The School of Anthropology and Conservation is delighted to welcome Dr Anika Nasra Haque, who has joined us as a Lecturer in Human Geography from the University of Cambridge.
Dr Haque is a human geographer broadly interested in urban inequality. Her research is interdisciplinary and situated at the intersection of society, development and governance. In these contested frontiers, her work predominantly focuses on urban poverty and inequity: Anika is particularly interested in the everyday and embedded structural inequalities at city level. Much of her research over the last decade has empirically focused on cities around the Global South (from Asia to Africa to Latin America).
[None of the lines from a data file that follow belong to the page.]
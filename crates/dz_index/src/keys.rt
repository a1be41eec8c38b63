//! The keys of an index, which a counted comparison alone reads.

ghost use Rattle.std.specs.Prelude.{◌≡◌, ◌+◌, ◌-◌, ◌^◌, ◌<◌, ◌≤◌, [], ◌∷◌, ◌++◌, length, slice_index, slice_index_or};
ghost use Rattle.std.specs.Prelude.{slice_range, map, drop, IfOk, OnOk, OnErr};
ghost use Rattle.dz_index.specs.Rows.{compared};
ghost use Rattle.dz_index.specs.inner.Parts.{AreBounds, AreWithin, last_of};
ghost use Rattle.dz_index.specs.inner.Portion.{moved};

use crate::index::OWNERS;
use crate::octets::compare_octets;
use crate::places::extend_moved;
use crate::sort_key::ROOM;
use dz_steps::Steps;
use std::alloc::{AllocError, Global};
use std::cmp::Ordering;
use std::fmt;
use std::marker::Model;
use std::sync::ledger::Ledger;

/// The sort keys of owners: all in one block of octets, and four octets beside each. No code outside this module sees an
/// octet of a key; it compares keys by [`Keys::compare`], which counts, and copies them by [`Keys::with_run`]. Contracts
/// see the keys.
#[derive(Drop)]
pub(crate) struct Keys {
    octets: Vec<u8>,
    bounds: Vec<u32>,
}

impl Model for Keys {
    ghost use Rattle.std.specs.Prelude.{List};
    ghost use Rattle.dz_name.specs.Words.{Octets};
    ghost use Rattle.dz_index.specs.inner.Parts.{parts_of, AreBounds};

    ghost Value = { List Octets };

    ghost view = { λ k. parts_of k.octets.items k.bounds.items };

    ghost invariant = { λ k. AreBounds k.octets.items k.bounds.items };
}

/// Shows how many keys there are, and no octet of them.
impl fmt::Debug for Keys {
    fn fmt<W: fmt::Write>(&self, f: &mut fmt::Formatter<W>) -> fmt::Result {
        write!(f, "{} keys", self.len())
    }
}

impl Keys {
    /// No key yet.
    pub(crate) fn empty(alloc: Global) -> Result<Keys, AllocError>
        ensures { IfOk result (λ keys. keys ≡ []) }
    {
        Ok(Keys {
            octets: Vec::new(alloc),
            bounds: vec![in alloc; 0]?,
        })
    }

    /// No key yet, with room for as many as others are.
    pub(crate) fn beside(alloc: Global, other: &Keys) -> Result<Keys, AllocError>
        ensures { IfOk result (λ keys. keys ≡ []) }
    {
        let octets = Vec::with_capacity(alloc, other.octets.len())?;
        let mut bounds = Vec::with_capacity(alloc, other.bounds.len())?;
        bounds.push(0)?;
        Ok(Keys { octets, bounds })
    }

    /// Gives back the memory that was taken beyond these keys.
    pub(crate) fn fit(&mut self)
        ensures { self.new ≡ self.old }
    {
        self.octets.shrink_to_fit();
        self.bounds.shrink_to_fit();
    }

    /// How many keys there are.
    pub(crate) fn len(&self) -> usize
        ensures { result ≡ length self.now }
    {
        self.bounds.len() - 1
    }

    /// How the key of a number compares with another one. It is one step.
    pub(crate) fn compare<L: Ledger>(
        &self,
        number: usize,
        key: &[u8],
        steps: &mut Steps<L>,
    ) -> Ordering
        requires { number < length self.now }
        ensures value { result ≡ compared (slice_index_or self.now number []) key.now }
        ensures counted { steps.new ≡ steps.old + 1 }
    {
        steps.tick();
        compare_octets(self.key(number), key)
    }

    /// How the key of a number compares with one of other keys. It is one step.
    pub(crate) fn compare_with<L: Ledger>(
        &self,
        number: usize,
        other: &Keys,
        theirs: usize,
        steps: &mut Steps<L>,
    ) -> Ordering
        requires mine { number < length self.now }
        requires theirs { theirs < length other.now }
        ensures value { result ≡ compared (slice_index_or self.now number [])
            (slice_index_or other.now theirs []) }
        ensures counted { steps.new ≡ steps.old + 1 }
    {
        self.compare(number, other.key(theirs), steps)
    }

    /// Other keys from one number up to another after these. Their octets are copied in one block.
    pub(crate) fn with_run(self, other: &Keys, from: usize, to: usize) -> Result<Keys, AllocError>
        requires order { from ≤ to }
        requires within { to ≤ length other.now }
        requires few { length self + (to - from) ≤ OWNERS }
        ensures { IfOk result (λ keys. keys ≡ self ++ slice_range other.now from to) }
    {
        let Keys {
            mut octets,
            mut bounds,
        } = self;
        let theirs = &other.bounds[from..to + 1];
        extend_parts(&mut octets, &mut bounds, other.octets.as_slice(), theirs)?;
        Ok(Keys { octets, bounds })
    }

    /// One more key after the others. If memory runs out, none is added.
    pub(crate) fn push(&mut self, key: &[u8]) -> Result<(), AllocError>
        requires few { length self.old < OWNERS }
        requires room { length key.now ≤ ROOM }
        ensures value { OnOk result (self.new ≡ self.old ++ key.now ∷ []) }
        ensures wanting { OnErr result (self.new ≡ self.old) }
    {
        push_part(&mut self.octets, &mut self.bounds, key)?;
        Ok(())
    }

    fn key(&self, number: usize) -> &[u8]
        requires { number < length self.now }
        ensures { result.now ≡ slice_index_or self.now number [] }
    {
        part(self.octets.as_slice(), self.bounds.as_slice(), number)
    }
}

/// The octets from one bound up to the next.
fn part<'a>(octets: &'a [u8], bounds: &[u32], number: usize) -> &'a [u8]
    requires bounds { AreBounds octets.now bounds.now }
    requires within { number + 1 < length bounds.now }
    ensures { result.now ≡ slice_range octets.now (slice_index bounds.now number)
        (slice_index bounds.now (number + 1)) }
{
    &octets[bounds[number] as usize..bounds[number + 1] as usize]
}

/// One more part after the others. If memory runs out, none is added.
fn push_part(octets: &mut Vec<u8>, bounds: &mut Vec<u32>, part: &[u8]) -> Result<(), AllocError>
    requires { length octets.old.items + length part.now < 2 ^ 32 }
    ensures octets { OnOk result (octets.new.items ≡ octets.old.items ++ part.now) }
    ensures bounds { OnOk result (bounds.new.items
        ≡ bounds.old.items ++ (length octets.old.items + length part.now) ∷ []) }
    ensures wanting_octets { OnErr result (octets.new.items ≡ octets.old.items) }
    ensures wanting_bounds { OnErr result (bounds.new.items ≡ bounds.old.items) }
{
    let before = octets.len();
    octets.extend_from_slice(part)?;
    if bounds.push(octets.len() as u32).is_err() {
        octets.truncate(before);
        return Err(AllocError);
    }
    Ok(())
}

/// The parts of other octets between bounds after these. Octets and bounds are copied in one block each.
fn extend_parts(
    octets: &mut Vec<u8>,
    bounds: &mut Vec<u32>,
    others: &[u8],
    theirs: &[u32],
) -> Result<(), AllocError>
    requires bounds { AreWithin others.now theirs.now }
    requires room { length octets.old.items
        + (last_of theirs.now - slice_index theirs.now 0) < 2 ^ 32 }
    ensures octets { OnOk result (octets.new.items ≡ octets.old.items
        ++ slice_range others.now (slice_index theirs.now 0) (last_of theirs.now)) }
    ensures bounds { OnOk result (bounds.new.items ≡ bounds.old.items
        ++ map (moved (slice_index theirs.now 0) (length octets.old.items)) (drop 1 theirs.now)) }
{
    let before = octets.len() as u32;
    let begin = theirs[0];
    let end = theirs[theirs.len() - 1];
    extend_moved(bounds, &theirs[1..], begin, before)?;
    octets.extend_from_slice(&others[begin as usize..end as usize])?;
    Ok(())
}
Anika’s research encompasses three broad strands: climate change adaptation, which she conceptualises under the broader framework of multi-dimensional poverty and sustainable development; gender vulnerability, particularly research on the urban poor in Global South countries and explorations about how/if risks (e.g. climatic risks, risks deriving from lack of access to infrastructure and services) in low-income urban settlements are gendered; and energy transitions, looking at ways in which ‘just’ energy transition pathways can be achieved and addressing the dual challenge of limiting the danger of climate change as well as increasing socioeconomic inequality.
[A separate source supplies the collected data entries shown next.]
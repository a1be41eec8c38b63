//! The core of the server: which transfers are asked for and when, what is taken, what is published, and who is
//! believed (RFC 9432 section 5, RFC 1995 section 4, RFC 1996 section 3).
#![tactic(auto)]

mod absent;
mod ahead;
mod carried;
mod due;
mod fleet;
mod flight;
mod hand_out;
mod laws;
mod places;
mod relisted;
mod relisting;
mod settle;
mod waiting;
mod weigh;
mod weighed;

pub use absent::Absent;
pub use due::{Due, Quiet};
pub use dz_history::{Aftermath, Entry, Step, Taken};
pub use dz_job::{Failure, Flight, Job, Verdict};
pub use dz_notify::Heard;
pub use fleet::{Fleet, Last};
pub use laws::{calls_are_events, core_stays_sound, list_only_grows, list_stays_legal};
pub use weighed::Weighed;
Dr Haque completed her PhD in Geography from the University of Cambridge and worked as a Research Fellow there until she moved to the School of Anthropology and Conservation in Autumn, 2020. Anika has received numerous awards for her research, notably: the Young Scientist Award (2012) in the field of Sustainable Development by The International Network of System and Sustainability; a Doctoral Research award (2016) by Association for British Turkish Academics for excellence in doctoral research in UK; and an Academic Achievement award (2014) from Lucy Cavendish College, University of Cambridge.